At 10.20 p.m. [July 1] a message was heard from all Australian coastal stations requesting all shipping to keep silence for a period of ten minutes during the transmission of the Adelaide time signal which was being awaited by Miss Earhart, Chater wrote.  “Complete silence prevailed during this period and a perfect time signal was received by Captain Noonan, and the machine chronometer was found to be three seconds slow.”

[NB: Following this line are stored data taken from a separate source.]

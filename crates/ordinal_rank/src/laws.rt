//! Laws, each the contract of a function that does nothing.
ghost use Rattle.std.specs.Prelude.{◌≡◌, ◌<◌, ◌≤◌, ℕ, suc, ℤ, List, length, slice_set};
ghost use Rattle.linear_cons.specs.Bounds.{Covers};
ghost use Rattle.linear_cons.specs.declared.bounds.Linear.{Linear};
ghost use Rattle.decision_tree.specs.Evaluation.{eval};
ghost use Rattle.decision_tree.specs.Plans.{Plan, leaf};
ghost use Rattle.decision_tree.specs.declared.reason.Why.{Why};
ghost use Rattle.ordinal_rank.specs.Jumps.{IsExceeded, jumped, ordinals};
ghost use Rattle.step_meaning.specs.Step.{Configuration, Step};
ghost use Rattle.step_meaning.specs.Syntax.{Statements};
ghost use Rattle.step_meaning.specs.Valid.{IsBody};
ghost use Rattle.control_flow.specs.Told.{IsTrueOfReached, Told};
ghost use Rattle.tree_support.specs.Setting.{Trees};
ghost use Rattle.ordinal_rank.specs.Ends.{EndsAfter};
ghost use Rattle.ordinal_rank.specs.Families.{IsBounded, IsRanked};
ghost use Rattle.ordinal_rank.specs.declared.ordinal.OrdinalRank.{OrdinalRank};
ghost use Rattle.ordinal_rank.specs.declared.jump.Power.{Power};

use crate::ordinal::OrdinalRank;
use backward_transfer::laws::a_range_bounds_each_value;

/// Where ends are bounded one after the other no run goes on for ever, whatever it does; and where they are so bounded a bound more may be known, or
/// bounds of a greater order.
pub fn bounded_ends_come()
    ensures comes { (order k : ℕ) (run : ℕ → Configuration) → EndsAfter order k (run 0) → ((n : ℕ) → Step (run n) (run (suc n))) → ⊥ }
    ensures more { (order k : ℕ) (c : Configuration) → EndsAfter order k c → EndsAfter order (suc k) c }
    ensures higher { (order k : ℕ) (c : Configuration) → EndsAfter order k c → EndsAfter (suc order) 0 c }
{}

/// Before a jump: where a leaf is defined at a store, each value of the range leads to a defined leaf, whose rank the one before exceeds.
pub fn a_jump_exceeds_each_value()
    ensures { (highest : Power) (plan : Plan OrdinalRank) (place : ℕ) (range : Linear) (store : List ℤ) (z : ℤ) (why : Why) (rank : OrdinalRank) → place < 16
        → length store ≡ 16 → Covers range store z → eval (jumped highest place range plan) store ≡ leaf why rank
        → IsExceeded (slice_set store place z) (ordinals.rank_value rank store) (eval plan (slice_set store place z)) }
{
    a_range_bounds_each_value::<OrdinalRank>();
}

/// Where a family of ordinal ranks that is supported for `AF exit` is defined, every run ends, bounded one after the other.
pub fn ranked_families_bound_ends()
    ensures { (vars : ℕ) (body : Statements) (told : Told) → vars ≤ 15 → IsBody vars body → IsTrueOfReached vars body told
        → (parts : ℕ → Trees OrdinalRank) (family : Trees OrdinalRank) → IsRanked body told parts family → IsBounded vars body family }
{}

It was difficult for Noonan to be in two places at the same time, in the radio shack at Lae and at the same time at Bulolo which is 40 miles away from Lae, there were no roads so the only way in and out was by air,” researcher Gary LaPook wrote in an April 24, 2012 message to the Earhart Yahoo! Online discussion group. Did they fly at night through the mountains in New Guinea in 1937?

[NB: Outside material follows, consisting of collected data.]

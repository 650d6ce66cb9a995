//! Sweeps backward over the labels of a program, which propose a tree of ordinal ranks for each.
ghost use Rattle.std.specs.Prelude.{◌≡◌, ◌<◌, ◌≤◌, IfOk, length};

use crate::jump::{Power, back_jump};
use crate::ordinal::{OrdinalRank, at_once};
use backward_sweeps::LabelTrees;
use backward_transfer::back_range;
use control_flow::{Choice, Transition};
use decision_tree::{Cause, Tree, Why};
use forward_inv::Inv;
use linear_cons::Linear;
use num_domain::NumDomain;
use std::alloc::{AllocError, Global};
use tree_unify::{TreeFault, either, prune};
use tree_widening::widen;

/// The most sweeps.
const SWEEPS: u32 = 32;

/// The most nodes of the trees of all labels together where no run begins anew: there these sweeps find ranks of one function alone, where they widen
/// otherwise than those of bounds do.
const MOST_WITHOUT_JUMP: u64 = 1 << 12;

/// Trees for the labels, at which this is done, proposed for `AF exit`: in each sweep, from the greatest label to the first, a label's tree is
/// made from those of its successors, and from sweep `max(delay, 1) + 1` on that of a loop's head is widened, where something is claimed there,
/// and pruned. The sweeps end where one changes nothing, and at the latest after 32. All trees may have 2^20 nodes together, or 2^12 where no run begins anew; past that
/// the greatest are given up. Nothing is promised of them: the check decides. The only error is want of memory.
pub(crate) fn swept<D: NumDomain>(
    alloc: Global,
    inv: &Inv<D>,
    transitions: &[Transition],
    delay: u32,
) -> Result<Vec<Tree<OrdinalRank>>, AllocError>
    requires states { length inv.now ≡ length transitions.now }
    requires few { length transitions.now ≤ 1024 }
    ensures labels { IfOk result (λ trees. length trees.items ≡ length transitions.now) }
{
    let begun = begun(alloc, transitions)?;
    let mut labels = LabelTrees::of(alloc, transitions, &begun, most_nodes(transitions))?;
    let sweeps = Sweeps {
        alloc,
        inv,
        transitions,
    };
    let first = delay.max(1).saturating_add(1);
    for number in 1..=SWEEPS {
        if number == first {
            labels.begin_widening(transitions);
        }
        if !sweeps.sweep(&mut labels)? {
            break;
        }
    }
    all_taken(alloc, transitions, &labels)
}

/// The trees of the labels, in boxes.
fn all_taken(
    alloc: Global,
    transitions: &[Transition],
    labels: &LabelTrees<OrdinalRank>,
) -> Result<Vec<Tree<OrdinalRank>>, AllocError>
    requires few { length transitions.now ≤ 1024 }
    ensures { IfOk result (λ trees. length trees.items ≡ length transitions.now) }
{
    let mut trees = Vec::with_capacity(alloc, transitions.len())?;
    for label in 0..transitions.len() as u32 {
        let tree = labels.take(label)?;
        trees.push(tree)?;
    }
    Ok(trees)
}

/// The trees before the first sweep: the end claims itself, a label at which no run comes everything, and any other nothing.
fn begun(alloc: Global, transitions: &[Transition]) -> Result<Vec<Tree<OrdinalRank>>, AllocError>
    requires few { length transitions.now ≤ 1024 }
    ensures { IfOk result (λ trees. length trees.items ≡ length transitions.now) }
{
    let mut trees = Vec::with_capacity(alloc, transitions.len())?;
    for label in 0..transitions.len() as u32 {
        let tree = begun_at(alloc, &transitions[label as usize])?;
        trees.push(tree)?;
    }
    Ok(trees)
}

/// The tree of a label at which this is done, before the first sweep.
pub(crate) fn begun_at(
    alloc: Global,
    transition: &Transition,
) -> Result<Tree<OrdinalRank>, AllocError> {
    match transition {
        Transition::End => at_once(alloc, Why::Now),
        Transition::Dead => at_once(alloc, Why::Dead),
        _ => Ok(Tree::Bottom),
    }
}

/// Sweeps over the labels.
#[derive(Drop)]
struct Sweeps<'a, D: NumDomain> {
    alloc: Global,
    inv: &'a Inv<D>,
    transitions: &'a [Transition],
}

impl<'a, D: NumDomain> Sweeps<'a, D> {
    /// Makes the trees anew that are due, the greatest label first; true where one differs from what it was.
    fn sweep(&self, labels: &mut LabelTrees<OrdinalRank>) -> Result<bool, AllocError>
        requires states { length self.now.inv.now ≡ length self.now.transitions.now }
        requires few { length self.now.transitions.now ≤ 1024 }
    {
        let mut any = false;
        for label in (0..self.transitions.len() as u32).rev() {
            if labels.take_due(label) {
                let made = self.remade(label, labels)?;
                any = labels.set(self.transitions, label, made)? || any;
            }
        }
        Ok(any)
    }

    /// The number of the label's new tree.
    fn remade(&self, label: u32, labels: &mut LabelTrees<OrdinalRank>) -> Result<usize, AllocError>
        requires label { label < length self.now.transitions.now }
        requires states { length self.now.inv.now ≡ length self.now.transitions.now }
    {
        let transition = &self.transitions[label as usize];
        let made = moved_back(self.alloc, label, transition, labels)?;
        if labels.is_widened(transition) {
            self.widened(label, labels, made)
        } else {
            Ok(made)
        }
    }

    /// The number of the label's tree widened by the new one. It is widened in boxes.
    fn widened(
        &self,
        label: u32,
        labels: &mut LabelTrees<OrdinalRank>,
        made: usize,
    ) -> Result<usize, AllocError>
        requires label { label < length self.now.transitions.now }
        requires states { length self.now.inv.now ≡ length self.now.transitions.now }
    {
        let old = labels.take(label)?;
        let new = labels.taken(made)?;
        labels.put(widened(self.alloc, &old, &new, self.inv.at(label)))
    }
}

/// The number of the tree before what is done at the label, for every next state, or of what the label has for one that can't be made. A value that is chosen is moved
/// in boxes. The only error is want of memory.
fn moved_back(
    alloc: Global,
    label: u32,
    transition: &Transition,
    labels: &mut LabelTrees<OrdinalRank>,
) -> Result<usize, AllocError> {
    match transition {
        Transition::Choose {
            place,
            range,
            choice,
            to,
            ..
        } => {
            let tree = labels.take(*to)?;
            labels.put(before_choice(alloc, &tree, place.number, range, choice, Power::First))
        }
        _ => {
            let made = labels.moved_back(label, transition);
            labels.noted(made)
        }
    }
}

/// The tree before a value of the range is assigned to the variable at the place, with the tree behind it given: where the range has no end a run may begin anew,
/// with one more of a power that isn't above the highest.
pub(crate) fn before_choice(
    alloc: Global,
    tree: &Tree<OrdinalRank>,
    place: u8,
    range: &Linear,
    choice: &Choice,
    highest: Power,
) -> Result<Tree<OrdinalRank>, TreeFault>
    requires { place < 16 }
{
    let bounded = back_range(alloc, tree, place, range)?;
    if is_bounded(choice) {
        return Ok(bounded);
    }
    let anew = back_jump(alloc, tree, place, range, highest)?;
    either(alloc, &bounded, &anew)
}

/// How many nodes the trees of all labels may have together.
fn most_nodes(transitions: &[Transition]) -> u64 {
    if transitions.iter().any(begins_anew) {
        LabelTrees::<OrdinalRank>::MOST
    } else {
        MOST_WITHOUT_JUMP
    }
}

/// Whether a run may begin anew behind what is done: a number is chosen from a range without an end.
fn begins_anew(transition: &Transition) -> bool {
    match transition {
        Transition::Choose { choice, .. } => !is_bounded(choice),
        _ => false,
    }
}

/// Whether what is chosen isn't a number of a range without an end.
fn is_bounded(choice: &Choice) -> bool {
    match choice {
        Choice::Range { lo, hi } => lo.is_some() && hi.is_some(),
        _ => true,
    }
}

/// The old tree widened by the new one, or the new one where the old one claims nothing, without the sides where the set has no member.
fn widened<D: NumDomain>(
    alloc: Global,
    old: &Tree<OrdinalRank>,
    new: &Tree<OrdinalRank>,
    set: &D,
) -> Result<Tree<OrdinalRank>, TreeFault> {
    match old {
        Tree::Bottom => prune(alloc, new, set),
        _ => {
            let widened = widen(alloc, old, new)?;
            prune(alloc, &widened, set)
        }
    }
}

/// The tree, or what the label has for one that can't be made. The only error is want of memory.
pub(crate) fn or_given_up(
    alloc: Global,
    made: Result<Tree<OrdinalRank>, TreeFault>,
) -> Result<Tree<OrdinalRank>, AllocError> {
    match made {
        Ok(tree) => Ok(tree),
        Err(TreeFault::Full { count }) => {
            let count = u32::try_from(count).unwrap_or(u32::MAX);
            Tree::given_up(alloc, &Cause::Nodes { count })
        }
        Err(TreeFault::Wide(wide)) => Tree::given_up(alloc, &Cause::Wide(wide)),
        Err(TreeFault::Memory(error)) => Err(error),
    }
}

“On the night before their departure,” LaPook continued, “Collopy is quoted by [Ann] Pellegreno at page 194 [of her 1971 book, World Flight].  ‘Both were in bed early that night.’  At page 192 [Elgen] Long [author of Amelia Earhart: The Mystery Solved] also states that after the time check they returned to their hotel and were in bed by 11:00 p.m.,  July 1. ‘The clerk knocked on their doors at 5:30 Friday morning, July 2,’ Long wrote.  ‘Collopy was having morning tea with Fred when Amelia came down.’”

Finally, in a taped 1988 interview with Fred Goerner at his home in Australia and reported in Dave Horner’s 2013 book, The Earhart Enigma, Vagg said neither Noonan nor Amelia visited Bulolo while they were at Lae. “While at Lae,” Horner wrote, “Amelia stayed with the family of Eric Chater, general manager of Guinea Airways at Lase,  while Noonan stayed at the hotel there, Voco House, with Iredale and Frank Howard of Vacuum Oil Company.

I hope the preceding is enough to satisfy the curiosity of those who might have wondered, from time to time, what Fred Noonan was really up to in the days and hours before the final flight.  I’ll leave it to you to decide whether Fred Noonan was a drunk who was guilty of irresponsible, even fatally bad judgment on the eve of the most important flight of his life, or whether he behaved as any other responsible professional would have done when facing such a daunting challenge, regardless of his drinking history.

I have no doubt, based on the personal accounts and other evidence we’ve just seen, that Noonan was sober, alert and fit when the Electra left Lae at 10 a.m., July 2, just as I’m certain that he would never have consciously put Amelia at risk.  Of course, those who disagree are free to do so, and it certainly won’t be the last time in the Earhart saga that compelling evidence and common sense came out on the short end.